Keir Starmer recently removed a painting of Margaret Thatcher from Downing Street, and who can blame him? Unlike we might hope, he supposedly didn’t remove it because of Maggie herself but because he doesn’t like pictures of people staring down at him. He didn’t like her gaze. He didn’t enjoy being perceived. We look at art all the time, so what’s wrong with those pieces that stare back? Why not give those in the painting, especially historical or fictional women trapped inside them (Thatcher excluded, maybe), a little agency?
La Fiancée Hésitante (‘The Reluctant Bride’) by Auguste Toulmouche has become a meme epitomising feminine rage. Women and girls all over the internet have taken the bride’s defiant stare and reworked it to express their personal, deeply feminine experiences. The reluctant bride gazes angrily at her viewer, asking for an escape from the world that the male artist has made for her. This reappropriation has taken the painting’s power from Toulmouche and placed it into the bride’s hands. The torch has been passed from man to woman.
“Usually, men can gawk at nude women in paintings, and avoid confrontation”
Male control and behaviour enrages us and Toulmouche depicts just that. Manet, however, seems to have a penchant for depicting another common emotion that women experience when encountering very male behaviour: boredom. Mansplaining is real. Arrogance is dull. In Le Déjeuner sur l’herbe (‘Luncheon on the Grass’), Manet paints a woman lazing naked at a picnic with two fully-clothed men who are deep in conversation, seemingly unaware of their nude companion. The woman gazes out of the painting, locking eyes with her viewer. We should be made to feel like voyeurs to her open sexuality, her male artist fetishising her naked body by contrasting it to these clothed men. But her expression is one of boredom.
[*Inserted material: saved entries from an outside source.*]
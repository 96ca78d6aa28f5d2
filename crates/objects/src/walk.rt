// What a walk does at one object.
ghost use Rattle.std.specs.Prelude.{◌≡◌};
ghost use Rattle.chains.specs.Rows.{source};
ghost use Rattle.objects.specs.Says.{step_at};

use crate::scan::frame_of;
use crate::tables::Tables;
use chains::{Backing, End, Origin, Owner};
use std::ops::ControlFlow;

// Where a walk ends that finds no frame.
fn end_at(origin: Origin, index: u16) -> End
    ensures { result ≡ source origin index }
{
    match origin {
        Origin::Zeros => End::Zeros,
        Origin::Page { object, first } => End::Page {
            object,
            page: u32::from(first) + u32::from(index),
        },
    }
}

impl Tables {
    // What a walk does at the object, if that is live: it ends, or goes on to the object below.
    pub(crate) fn step(&self, at: Owner) -> Option<ControlFlow<End, u16>>
        ensures { result ≡ step_at self.now at.object at.index }
    {
        if let Some(slot) = frame_of(&self.frames, at) {
            return Some(ControlFlow::Break(End::Frame(slot)));
        }
        match *self.objects.get(at.object as usize)? {
            Backing::Free => None,
            Backing::Root(origin) => Some(ControlFlow::Break(end_at(origin, at.index))),
            Backing::Shadow(lower) => Some(ControlFlow::Continue(lower)),
        }
    }
}
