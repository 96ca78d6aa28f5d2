// Sharing records, memory objects and frames: walks, shadows, collapse.
#![tactic(auto)]

mod calls;
mod frames;
mod scan;
mod settle;
pub mod store;
pub mod tables;
mod walk;

pub use store::Store;
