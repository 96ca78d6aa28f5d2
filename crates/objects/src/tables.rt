// The tables of a store.
ghost use Rattle.std.specs.Prelude.{◌≡◌};
ghost use Rattle.objects.specs.View.{weight_of};

use crate::scan::count_of;
use chains::{Backing, Owner};

// The top of each record in use, the row of each object, the owner of each held frame. Arrays of fixed size, and numbers
// for links, since nothing here is on a heap.
#[derive(Clone, Copy)]
pub struct Tables {
    pub(crate) records: [Option<u16>; 256],
    pub(crate) objects: [Backing; 511],
    pub(crate) frames: [Option<Owner>; 128],
}

impl Tables {
    // Twice the records that name the object, and the objects that shadow it.
    pub(crate) fn weight(&self, object: u16) -> usize
        ensures { result ≡ weight_of self.now object }
    {
        let names = count_of(&self.records, &Some(object));
        let shadows = count_of(&self.objects, &Backing::Shadow(object));
        2 * names + shadows
    }
}
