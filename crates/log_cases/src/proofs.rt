//! The program of a case, and the proofs and logs that its steps judge over it.
use crate::checks::check;
use crate::trees::{settle, tree};
use case_programs::{Trial, answer_over, program_of};
use case_tables::{Sheet, Step, Tried};
use row_relax::Rows;
use std::alloc::Global;

/// The rows that proofs and logs are judged over.
#[derive(Drop)]
struct Judged {
    rows: Rows,
}

impl Trial for Judged {
    fn answer_step<'a>(&self, alloc: Global, verb: &str, sheet: &mut Sheet<'a>) -> Tried {
        match verb {
            "tree" => tree(alloc, &self.rows, sheet),
            "settle" => settle(alloc, &self.rows, sheet),
            "check" => check(alloc, &self.rows, sheet),
            _ => sheet.refused(),
        }
    }
}

/// Prints what the steps give over the program that they say, or that it is out of bounds.
pub fn answer<'a>(alloc: Global, steps: &'a [Step<'a>], sheet: &mut Sheet<'a>) -> Tried {
    let Some(program) = program_of(alloc, steps, sheet)? else {
        sheet.line("out of bounds");
        return Ok(());
    };
    let judged = Judged {
        rows: Rows {
            program,
            choices: None,
        },
    };
    answer_over(alloc, &judged, steps, sheet)
}
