//! Cases of logs that are read.
use crate::defects::put_defect;
use crate::heads::{head, nodes};
use case_programs::limits_of;
use case_tables::{Sheet, Step, Tried};
use log_lines::{Defect, Limits};
use proof_log::{Log, LogStop, first_defect, put_claim, put_log, put_proof, read_log};
use std::alloc::{AllocError, Global};
use stn_edge::FixedShelf;

/// Prints what the steps give.
pub fn answer<'a>(alloc: Global, steps: &'a [Step<'a>], sheet: &mut Sheet<'a>) -> Tried {
    for step in steps {
        sheet.begin(step);
        match step.verb {
            "read" => read(alloc, sheet)?,
            "proof" => proof(alloc, sheet)?,
            "nodes" => nodes(alloc, sheet)?,
            "head" => head(alloc, sheet),
            _ => sheet.refuse(),
        }
    }
    Ok(())
}

// `read ROWS SLOTS DEPTH HEAD`, over a log: its first text defect where it is read as a whole, where it is read line by line,
// and where its first HEAD bytes are a head.
fn read(alloc: Global, sheet: &mut Sheet) -> Tried {
    let limits = limits_of(sheet);
    let head = sheet.number();
    let whole = read_again(alloc, &limits, sheet)?;
    put_defect(whole, sheet);
    scan(alloc, limits, 0, sheet)?;
    scan(alloc, limits, head, sheet)
}

// The first text defect of a log, or none; then what is put of it is compared with it.
fn read_again(
    alloc: Global,
    limits: &Limits,
    sheet: &mut Sheet,
) -> Result<Option<Defect>, AllocError> {
    match read_log(alloc, sheet.bytes(), limits) {
        Ok(log) => {
            compare(alloc, &log, sheet)?;
            Ok(None)
        }
        Err(LogStop::Defect(defect)) => Ok(Some(defect)),
        Err(LogStop::Memory) => Err(AllocError),
    }
}

fn compare(alloc: Global, log: &Log, sheet: &mut Sheet) -> Tried {
    let mut text = Vec::new(alloc);
    put_log(alloc, log, &mut text)?;
    if text.as_slice() != sheet.bytes() {
        sheet.put_lines(text.as_slice());
    }
    Ok(())
}

// The version of the head that stands before a log.
const HEAD_VERSION: u8 = 3;

// The first defect of a log that stands behind so many bytes of a file.
fn scan(alloc: Global, limits: Limits, head: u64, sheet: &mut Sheet) -> Tried {
    let mut shelf = FixedShelf::new(alloc);
    shelf.put_file("log", sheet.bytes())?;
    match first_defect(alloc, limits, HEAD_VERSION, head, &mut shelf, "log") {
        Ok(defect) => put_defect(defect, sheet),
        Err(_) => sheet.refuse(),
    }
    Ok(())
}

// `proof ROWS SLOTS DEPTH`, over a log: what is put of its proof and of its claim, or its first text defect.
fn proof(alloc: Global, sheet: &mut Sheet) -> Tried {
    let limits = limits_of(sheet);
    match read_log(alloc, sheet.bytes(), &limits) {
        Ok(log) => put_parts(alloc, &log, sheet),
        Err(LogStop::Defect(defect)) => {
            put_defect(Some(defect), sheet);
            Ok(())
        }
        Err(LogStop::Memory) => Err(AllocError),
    }
}

fn put_parts(alloc: Global, log: &Log, sheet: &mut Sheet) -> Tried {
    let mut text = Vec::new(alloc);
    put_proof(alloc, &log.tree, &mut text)?;
    put_claim(alloc, &log.claim, &mut text)?;
    sheet.put_lines(text.as_slice());
    Ok(())
}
Usually, when women are shown to be naked by their — let’s face it, male — artists, they do not gaze back at us. The viewer can gawk to their heart’s content but avoid confrontation. As the subject expresses her boredom, Manet allows us to interact with this nude woman in a way that transcends the sexual. We are invited into her intellectual world and not her physical one.
It is Goya’s La maja desnuda (‘The Naked Maja’) who invites us into her physical world. Lying nude, pubic hair on show, arms behind her head, the subject gazes knowingly outward. Goya’s painting is confrontational and was therefore controversial. The artist was dragged to trial by an angry mob for his moral depravity. The woman’s bodily autonomy was a shock to eighteenth-century senses and her enticing yet admonishing gaze led a man to inquisition.
“Maybe it is good for us to be stared back at once in a while”
But all these paintings are by men! No matter how much agency we attribute to the women in them, no matter how uncomfortable they might make their audience feel, they were painted to satisfy the male gaze. Do men enjoy women looking back at them? Or does their boldness and sudden agency rouse their discomfort? For Sir Keir, discomfort was the primary emotion.
Paintings by women can be read very differently. Élisabeth Vigée Le Brun’s self-portraits gaze at their viewer, warmly inviting them to admire her work with her soft smile. The portrait of herself and her daughter Julie, again, shows two female subjects staring out of a painting. Unlike in paintings by men, there is no reproach or yearning in their eyes, but genuine happiness. Feminist author Simone de Beauvoir found le Brun’s portraits to be narcissistic, accusing the artist of endlessly portraying her “smiling maternity”. Given the delightful contrast le Brun’s depictions of the female experience offer to depictions by male artists, de Beauvoir’s comment seems harsh at first. Other women artists, however, do not create such glowing accounts of womanhood. Artemisia Gentileschi depicts women in powerful and often violent roles. Her heroines are engaged in action and not distracted by the fourth wall. Does this render le Brun’s smiling women products of the male gaze? Do they gaze at us as though they must always please their male viewers? Or was de Beauvoir too critical of a happy woman who simply enjoyed being a mother?
Art is for our pleasure — or displeasure if you hate galleries — but we never stop to consider how paintings look back at us, unless directly confronted by it. If Keir Starmer found being perceived by someone, a woman no less, unnerving, then think of all the (more favourable) women in art who have found being perceived cruel or voyeuristic. Maybe it is good for us to be stared back at once in a while. It reminds us of the harm of objectification. Art itself may be an object waiting for perception, but the women depicted in it are not.